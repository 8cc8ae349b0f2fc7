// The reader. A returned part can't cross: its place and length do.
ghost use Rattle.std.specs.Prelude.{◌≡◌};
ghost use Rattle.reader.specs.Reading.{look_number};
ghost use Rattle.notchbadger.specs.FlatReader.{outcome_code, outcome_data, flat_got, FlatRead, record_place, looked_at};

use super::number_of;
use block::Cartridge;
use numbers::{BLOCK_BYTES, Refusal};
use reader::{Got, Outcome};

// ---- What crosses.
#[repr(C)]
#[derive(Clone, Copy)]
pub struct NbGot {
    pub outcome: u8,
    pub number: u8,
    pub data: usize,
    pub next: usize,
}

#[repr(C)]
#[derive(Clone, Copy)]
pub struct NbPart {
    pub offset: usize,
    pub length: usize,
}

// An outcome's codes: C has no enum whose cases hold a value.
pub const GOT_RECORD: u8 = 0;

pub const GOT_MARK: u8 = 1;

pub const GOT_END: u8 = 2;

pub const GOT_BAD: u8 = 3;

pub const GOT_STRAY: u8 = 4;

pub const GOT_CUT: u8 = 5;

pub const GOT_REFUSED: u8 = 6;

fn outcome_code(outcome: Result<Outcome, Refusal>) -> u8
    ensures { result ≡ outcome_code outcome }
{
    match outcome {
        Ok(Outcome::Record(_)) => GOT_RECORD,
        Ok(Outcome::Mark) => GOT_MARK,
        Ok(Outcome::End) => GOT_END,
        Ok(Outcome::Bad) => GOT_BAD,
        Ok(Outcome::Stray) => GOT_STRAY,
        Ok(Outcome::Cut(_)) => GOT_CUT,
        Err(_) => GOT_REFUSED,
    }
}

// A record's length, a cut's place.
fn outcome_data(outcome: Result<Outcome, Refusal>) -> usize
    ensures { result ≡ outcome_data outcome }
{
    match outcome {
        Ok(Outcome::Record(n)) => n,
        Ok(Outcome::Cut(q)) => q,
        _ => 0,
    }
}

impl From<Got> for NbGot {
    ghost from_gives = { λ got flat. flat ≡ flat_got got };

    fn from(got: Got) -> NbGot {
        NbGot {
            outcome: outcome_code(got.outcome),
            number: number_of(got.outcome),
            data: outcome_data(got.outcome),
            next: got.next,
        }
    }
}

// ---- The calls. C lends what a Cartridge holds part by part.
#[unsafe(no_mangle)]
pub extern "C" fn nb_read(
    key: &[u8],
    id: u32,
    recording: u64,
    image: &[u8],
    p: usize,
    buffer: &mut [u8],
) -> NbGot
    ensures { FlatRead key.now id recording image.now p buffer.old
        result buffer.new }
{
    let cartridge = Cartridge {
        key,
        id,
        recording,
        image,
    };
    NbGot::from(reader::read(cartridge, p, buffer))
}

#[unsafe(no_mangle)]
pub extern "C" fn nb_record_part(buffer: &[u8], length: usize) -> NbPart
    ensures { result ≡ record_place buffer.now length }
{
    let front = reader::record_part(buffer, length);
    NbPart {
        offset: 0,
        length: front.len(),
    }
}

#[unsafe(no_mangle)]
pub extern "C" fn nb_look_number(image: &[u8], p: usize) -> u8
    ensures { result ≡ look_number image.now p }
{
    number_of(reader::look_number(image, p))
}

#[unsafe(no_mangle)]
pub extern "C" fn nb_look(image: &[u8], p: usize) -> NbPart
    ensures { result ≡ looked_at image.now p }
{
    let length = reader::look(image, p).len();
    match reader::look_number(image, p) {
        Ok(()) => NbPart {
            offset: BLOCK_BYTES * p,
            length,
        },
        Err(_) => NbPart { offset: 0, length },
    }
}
---
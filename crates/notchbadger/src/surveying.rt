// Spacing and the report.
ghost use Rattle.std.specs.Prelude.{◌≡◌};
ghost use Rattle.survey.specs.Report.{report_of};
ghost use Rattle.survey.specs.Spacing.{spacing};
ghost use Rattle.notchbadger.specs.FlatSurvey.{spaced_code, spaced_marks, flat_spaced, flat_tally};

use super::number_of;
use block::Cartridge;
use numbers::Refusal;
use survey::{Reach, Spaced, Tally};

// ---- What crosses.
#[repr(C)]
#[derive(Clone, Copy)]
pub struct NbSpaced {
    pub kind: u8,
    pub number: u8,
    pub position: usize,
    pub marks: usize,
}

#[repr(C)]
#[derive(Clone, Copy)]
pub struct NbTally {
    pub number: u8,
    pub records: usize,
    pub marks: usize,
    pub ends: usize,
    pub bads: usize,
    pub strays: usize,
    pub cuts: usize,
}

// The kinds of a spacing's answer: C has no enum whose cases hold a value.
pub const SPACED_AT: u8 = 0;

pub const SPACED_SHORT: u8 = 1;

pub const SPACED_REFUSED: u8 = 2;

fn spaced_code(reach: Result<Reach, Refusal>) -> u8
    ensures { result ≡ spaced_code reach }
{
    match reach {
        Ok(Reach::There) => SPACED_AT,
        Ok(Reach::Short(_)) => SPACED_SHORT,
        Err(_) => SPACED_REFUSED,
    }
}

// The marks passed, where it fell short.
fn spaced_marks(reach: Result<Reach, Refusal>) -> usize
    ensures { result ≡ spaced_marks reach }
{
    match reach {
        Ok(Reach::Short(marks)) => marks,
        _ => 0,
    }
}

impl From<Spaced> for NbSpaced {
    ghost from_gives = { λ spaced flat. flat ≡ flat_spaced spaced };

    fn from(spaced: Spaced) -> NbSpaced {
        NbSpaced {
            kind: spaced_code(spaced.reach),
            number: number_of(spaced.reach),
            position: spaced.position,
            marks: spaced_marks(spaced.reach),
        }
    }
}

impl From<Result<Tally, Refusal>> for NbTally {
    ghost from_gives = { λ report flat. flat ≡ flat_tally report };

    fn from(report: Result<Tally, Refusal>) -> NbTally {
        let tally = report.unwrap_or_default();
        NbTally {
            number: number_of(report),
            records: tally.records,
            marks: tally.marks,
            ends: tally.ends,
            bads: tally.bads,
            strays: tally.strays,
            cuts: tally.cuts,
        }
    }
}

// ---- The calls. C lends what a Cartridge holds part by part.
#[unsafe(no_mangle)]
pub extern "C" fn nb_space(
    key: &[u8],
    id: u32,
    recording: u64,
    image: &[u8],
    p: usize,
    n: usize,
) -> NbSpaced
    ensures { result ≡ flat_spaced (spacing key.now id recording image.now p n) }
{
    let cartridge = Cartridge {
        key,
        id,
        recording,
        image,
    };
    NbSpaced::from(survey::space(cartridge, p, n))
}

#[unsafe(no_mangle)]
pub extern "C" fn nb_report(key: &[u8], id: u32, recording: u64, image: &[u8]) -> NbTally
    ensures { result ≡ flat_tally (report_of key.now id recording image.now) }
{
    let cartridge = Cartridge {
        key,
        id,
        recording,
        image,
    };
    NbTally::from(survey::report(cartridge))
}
---
§ **WORK ITEM**
If a line in the entries contains "NbPart", copy it.

§ **OUTPUT FOR THIS TASK**
pub struct NbPart {
pub extern "C" fn nb_record_part(buffer: &[u8], length: usize) -> NbPart
    NbPart {
pub extern "C" fn nb_look(image: &[u8], p: usize) -> NbPart
        Ok(()) => NbPart {
        Err(_) => NbPart { offset: 0, length },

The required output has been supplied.